***** ENTRIES PROVIDED *****

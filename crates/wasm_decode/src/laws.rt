ghost use Rattle.wasm_decode.specs.CustomSections.{WorkedContent, WorkedPiece};

/// Inputs that are written out: one that ends in the content of a custom section, and a piece that lies in one.
pub fn worked_custom_sections()
    ensures content { WorkedContent }
    ensures piece { WorkedPiece }
{}
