// The decoder, which is fed pieces.
ghost use Rattle.std.specs.Prelude.{◌≡◌, ◌++◌, ◌+◌, ◌-◌, ◌<◌, ◌≤◌, ◌^◌, length, IsOk, List, [], ℕ, Some, None, Ok, Err, OnOk, IfOk, IfErr, ◌⊎◌};
ghost use Rattle.wasm_reading.specs.declared.fault.DecodeError.{DecodeError};
ghost use Rattle.wasm_items.specs.Residuals.{no_memory};

use crate::decoded::Decoded;
use crate::state::DecoderState;
use std::alloc::Global;
use std::marker::Model;
use wasm_reading::DecodeError;

/// A decoder in the middle of its input. It keeps the module so far, and no copy of the input. Contracts see its state;
/// every module that it may still answer is in this project's profile.
#[derive(Drop)]
pub struct Decoder {
    state: DecoderState,
}

impl Model for Decoder {
    ghost use Rattle.wasm_decode.specs.declared.state.DecoderState.{DecoderState};
    ghost use Rattle.std.specs.Coded.{codes};
    ghost use Rattle.wasm_ast.specs.contracts.instructions.WInstr as instr;

    ghost Value = { DecoderState };

    ghost coded = { Prim.hlevel (codes, instr.the_row.coded) };

    ghost use Rattle.wasm_decode.specs.Decoding.{AnswersInProfile};

    ghost view = { λ d. d.state };

    ghost invariant = { λ d. AnswersInProfile d.state };
}

impl Decoder {
    ghost use Rattle.wasm_decode.specs.CustomSections.{EndsInCustomContent, LiesInCustomSection};
    ghost use Rattle.wasm_decode.specs.Decoding.{answer_of, at_of, custom_left_of, error_of, IsSettled, Resumes, StandsBehind};

    /// A decoder of which nothing was fed. It takes no memory.
    pub fn new(alloc: Global) -> Decoder
        ensures starts { Resumes result [] }
        ensures whole { error_of result ≡ None }
        ensures counted { at_of result ≡ 0 }
        ensures stands { StandsBehind result [] }
    {
        Decoder {
            state: DecoderState::new(alloc),
        }
    }

    /// Takes the next piece of the input. A fault is answered as soon as every input that begins with the bytes so far has
    /// it, and after an error every later call answers that error. A piece that lies in a custom section takes
    /// no memory and has no fault. `Memory` comes also where the input has 2^64 bytes or more.
    pub fn feed(&mut self, piece: &[u8]) -> Result<(), DecodeError>
        ensures ok { OnOk result ((rest : List ℕ) → answer_of self.new rest ≡ answer_of self.old (piece.now ++ rest)) }
        ensures err { IfErr result (λ e. (e ≡ no_memory) ⊎ ((rest : List ℕ) → answer_of self.old (piece.now ++ rest) ≡ Err e)) }
        ensures resumes { OnOk result ((fed : List ℕ) → Resumes self.old fed → Resumes self.new (fed ++ piece.now)) }
        ensures settled { IfErr result (λ e. (fed : List ℕ) → Resumes self.old fed → (e ≡ no_memory) ⊎ IsSettled (fed ++ piece.now) e) }
        ensures undecided { OnOk result ((fed : List ℕ) → Resumes self.old fed → (e : DecodeError) → IsSettled (fed ++ piece.now) e → ⊥) }
        ensures whole { OnOk result (error_of self.new ≡ None) }
        ensures counted { OnOk result (at_of self.new ≡ at_of self.old + length piece.now) }
        ensures kept { IfErr result (λ e. error_of self.new ≡ Some e) }
        ensures again { (e : DecodeError) → error_of self.old ≡ Some e → result ≡ Err e }
        ensures left { OnOk result (length piece.now ≤ custom_left_of self.old → custom_left_of self.new ≡ custom_left_of self.old - length piece.now) }
        ensures custom { error_of self.old ≡ None → length piece.now ≤ custom_left_of self.old → at_of self.old + length piece.now < 2 ^ 64 → IsOk result }
        ensures stands { OnOk result ((fed : List ℕ) → StandsBehind self.old fed → StandsBehind self.new (fed ++ piece.now)) }
        ensures in_content { (fed : List ℕ) (n : ℕ) → StandsBehind self.old fed → EndsInCustomContent fed n → length piece.now ≤ n → length fed + length piece.now < 2 ^ 64 → IsOk result }
        ensures in_custom { (fed : List ℕ) → StandsBehind self.old fed → LiesInCustomSection fed piece.now → length fed + length piece.now < 2 ^ 64 → IsOk result }
    {
        match self.state.error() {
            Some(e) => Err(e),
            None => self.state.take(piece),
        }
    }

    /// The module that the input spells, or its first fault. After an error of `feed` it is that error.
    pub fn finish(self) -> Result<Decoded, DecodeError>
        ensures ok { IfOk result (λ decoded. answer_of self [] ≡ Ok decoded) }
        ensures err { IfErr result (λ e. answer_of self [] ≡ Err e) }
        ensures again { (e : DecodeError) → error_of self ≡ Some e → result ≡ Err e }
    {
        let Decoder { state } = self;
        match state.finish() {
            Ok(module) => Ok(Decoded::new(module)),
            Err(e) => Err(e),
        }
    }
}
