// A whole input at once.
ghost use Rattle.std.specs.Prelude.{◌≡◌, ◌⊎◌, Ok, IfOk, IfErr};
ghost use Rattle.wasm_ast.specs.declared.modules.WModule.{WModule};
ghost use Rattle.wasm_grammar.specs.GrammarModules.{SpellsModule};
ghost use Rattle.wasm_reading.specs.ReadModules.{reading_of};
ghost use Rattle.wasm_reading_laws.specs.ModulesRead.{HasFirstFault};
ghost use Rattle.wasm_items.specs.Residuals.{no_memory};

use crate::decoded::Decoded;
use crate::decoder::Decoder;
use std::alloc::Global;
use wasm_reading::DecodeError;

/// The module that the bytes spell, all of them, or their first fault (WebAssembly Core Specification 1.0, chapter 5,
/// in this project's profile; the faults are this project's own).
pub fn decode(alloc: Global, bytes: &[u8]) -> Result<Decoded, DecodeError>
    ensures read { IfOk result (λ decoded. reading_of bytes.now ≡ Ok decoded) }
    ensures spelled { IfOk result (λ decoded. SpellsModule bytes.now decoded) }
    ensures complete { (m : WModule) → SpellsModule bytes.now m → IfErr result (λ e. e ≡ no_memory) }
    ensures fault { IfErr result (λ e. (e ≡ no_memory) ⊎ HasFirstFault bytes.now e) }
{
    let mut decoder = Decoder::new(alloc);
    match decoder.feed(bytes) {
        Ok(()) => decoder.finish(),
        Err(e) => Err(e),
    }
}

*****

### TASK:
Set down each line exactly as it appears in the data.

### ANSWER AREA:
filename crates/wasm_decode/src/laws.rt
ghost use Rattle.wasm_decode.specs.CustomSections.{WorkedContent, WorkedPiece};

/// Inputs that are written out: one that ends in the content of a custom section, and a piece that lies in one.
pub fn worked_custom_sections()
    ensures content { WorkedContent }
    ensures piece { WorkedPiece }
{}
// The decoder, which is fed pieces.
ghost use Rattle.std.specs.Prelude.{◌≡◌, ◌++◌, ◌+◌, ◌-◌, ◌<◌, ◌≤◌, ◌^◌, length, IsOk, List, [], ℕ, Some, None, Ok, Err, OnOk, IfOk, IfErr, ◌⊎◌};
ghost use Rattle.wasm_reading.specs.declared.fault.DecodeError.{DecodeError};
ghost use Rattle.wasm_items.specs.Residuals.{no_memory};

use crate::decoded::Decoded;
use crate::state::DecoderState;
use std::alloc::Global;
use std::marker::Model;
use wasm_reading::DecodeError;

/// A decoder in the middle of its input. It keeps the module so far, and no copy of the input. Contracts see its state;
/// every module that it may still answer is in this project's profile.
#[derive(Drop)]
pub struct Decoder {
    state: DecoderState,
}

impl Model for Decoder {
    ghost use Rattle.wasm_decode.specs.declared.state.DecoderState.{DecoderState};
    ghost use Rattle.std.specs.Coded.{codes};
    ghost use Rattle.wasm_ast.specs.contracts.instructions.WInstr as instr;

    ghost Value = { DecoderState };

    ghost coded = { Prim.hlevel (codes, instr.the_row.coded) };

    ghost use Rattle.wasm_decode.specs.Decoding.{AnswersInProfile};

    ghost view = { λ d. d.state };

    ghost invariant = { λ d. AnswersInProfile d.state };
}

impl Decoder {
    ghost use Rattle.wasm_decode.specs.CustomSections.{EndsInCustomContent, LiesInCustomSection};
    ghost use Rattle.wasm_decode.specs.Decoding.{answer_of, at_of, custom_left_of, error_of, IsSettled, Resumes, StandsBehind};

    /// A decoder of which nothing was fed. It takes no memory.
    pub fn new(alloc: Global) -> Decoder
        ensures starts { Resumes result [] }
        ensures whole { error_of result ≡ None }
        ensures counted { at_of result ≡ 0 }
        ensures stands { StandsBehind result [] }
    {
        Decoder {
            state: DecoderState::new(alloc),
        }
    }

    /// Takes the next piece of the input. A fault is answered as soon as every input that begins with the bytes so far has
    /// it, and after an error every later call answers that error. A piece that lies in a custom section takes
    /// no memory and has no fault. `Memory` comes also where the input has 2^64 bytes or more.
    pub fn feed(&mut self, piece: &[u8]) -> Result<(), DecodeError>
        ensures ok { OnOk result ((rest : List ℕ) → answer_of self.new rest ≡ answer_of self.old (piece.now ++ rest)) }
        ensures err { IfErr result (λ e. (e ≡ no_memory) ⊎ ((rest : List ℕ) → answer_of self.old (piece.now ++ rest) ≡ Err e)) }
        ensures resumes { OnOk result ((fed : List ℕ) → Resumes self.old fed → Resumes self.new (fed ++ piece.now)) }
        ensures settled { IfErr result (λ e. (fed : List ℕ) → Resumes self.old fed → (e ≡ no_memory) ⊎ IsSettled (fed ++ piece.now) e) }
        ensures undecided { OnOk result ((fed : List ℕ) → Resumes self.old fed → (e : DecodeError) → IsSettled (fed ++ piece.now) e → ⊥) }
        ensures whole { OnOk result (error_of self.new ≡ None) }
        ensures counted { OnOk result (at_of self.new ≡ at_of self.old + length piece.now) }
        ensures kept { IfErr result (λ e. error_of self.new ≡ Some e) }
        ensures again { (e : DecodeError) → error_of self.old ≡ Some e → result ≡ Err e }
        ensures left { OnOk result (length piece.now ≤ custom_left_of self.old → custom_left_of self.new ≡ custom_left_of self.old - length piece.now) }
        ensures custom { error_of self.old ≡ None → length piece.now ≤ custom_left_of self.old → at_of self.old + length piece.now < 2 ^ 64 → IsOk result }
        ensures stands { OnOk result ((fed : List ℕ) → StandsBehind self.old fed → StandsBehind self.new (fed ++ piece.now)) }
        ensures in_content { (fed : List ℕ) (n : ℕ) → StandsBehind self.old fed → EndsInCustomContent fed n → length piece.now ≤ n → length fed + length piece.now < 2 ^ 64 → IsOk result }
        ensures in_custom { (fed : List ℕ) → StandsBehind self.old fed → LiesInCustomSection fed piece.now → length fed + length piece.now < 2 ^ 64 → IsOk result }
    {
        match self.state.error() {
            Some(e) => Err(e),
            None => self.state.take(piece),
        }
    }

    /// The module that the input spells, or its first fault. After an error of `feed` it is that error.
    pub fn finish(self) -> Result<Decoded, DecodeError>
        ensures ok { IfOk result (λ decoded. answer_of self [] ≡ Ok decoded) }
        ensures err { IfErr result (λ e. answer_of self [] ≡ Err e) }
        ensures again { (e : DecodeError) → error_of self ≡ Some e → result ≡ Err e }
    {
        let Decoder { state } = self;
        match state.finish() {
            Ok(module) => Ok(Decoded::new(module)),
            Err(e) => Err(e),
        }
    }
}
// A whole input at once.
ghost use Rattle.std.specs.Prelude.{◌≡◌, ◌⊎◌, Ok, IfOk, IfErr};
ghost use Rattle.wasm_ast.specs.declared.modules.WModule.{WModule};
ghost use Rattle.wasm_grammar.specs.GrammarModules.{SpellsModule};
ghost use Rattle.wasm_reading.specs.ReadModules.{reading_of};
ghost use Rattle.wasm_reading_laws.specs.ModulesRead.{HasFirstFault};
ghost use Rattle.wasm_items.specs.Residuals.{no_memory};

use crate::decoded::Decoded;
use crate::decoder::Decoder;
use std::alloc::Global;
use wasm_reading::DecodeError;

/// The module that the bytes spell, all of them, or their first fault (WebAssembly Core Specification 1.0, chapter 5,
/// in this project's profile; the faults are this project's own).
pub fn decode(alloc: Global, bytes: &[u8]) -> Result<Decoded, DecodeError>
    ensures read { IfOk result (λ decoded. reading_of bytes.now ≡ Ok decoded) }
    ensures spelled { IfOk result (λ decoded. SpellsModule bytes.now decoded) }
    ensures complete { (m : WModule) → SpellsModule bytes.now m → IfErr result (λ e. e ≡ no_memory) }
    ensures fault { IfErr result (λ e. (e ≡ no_memory) ⊎ HasFirstFault bytes.now e) }
{
    let mut decoder = Decoder::new(alloc);
    match decoder.feed(bytes) {
        Ok(()) => decoder.finish(),
        Err(e) => Err(e),
    }
}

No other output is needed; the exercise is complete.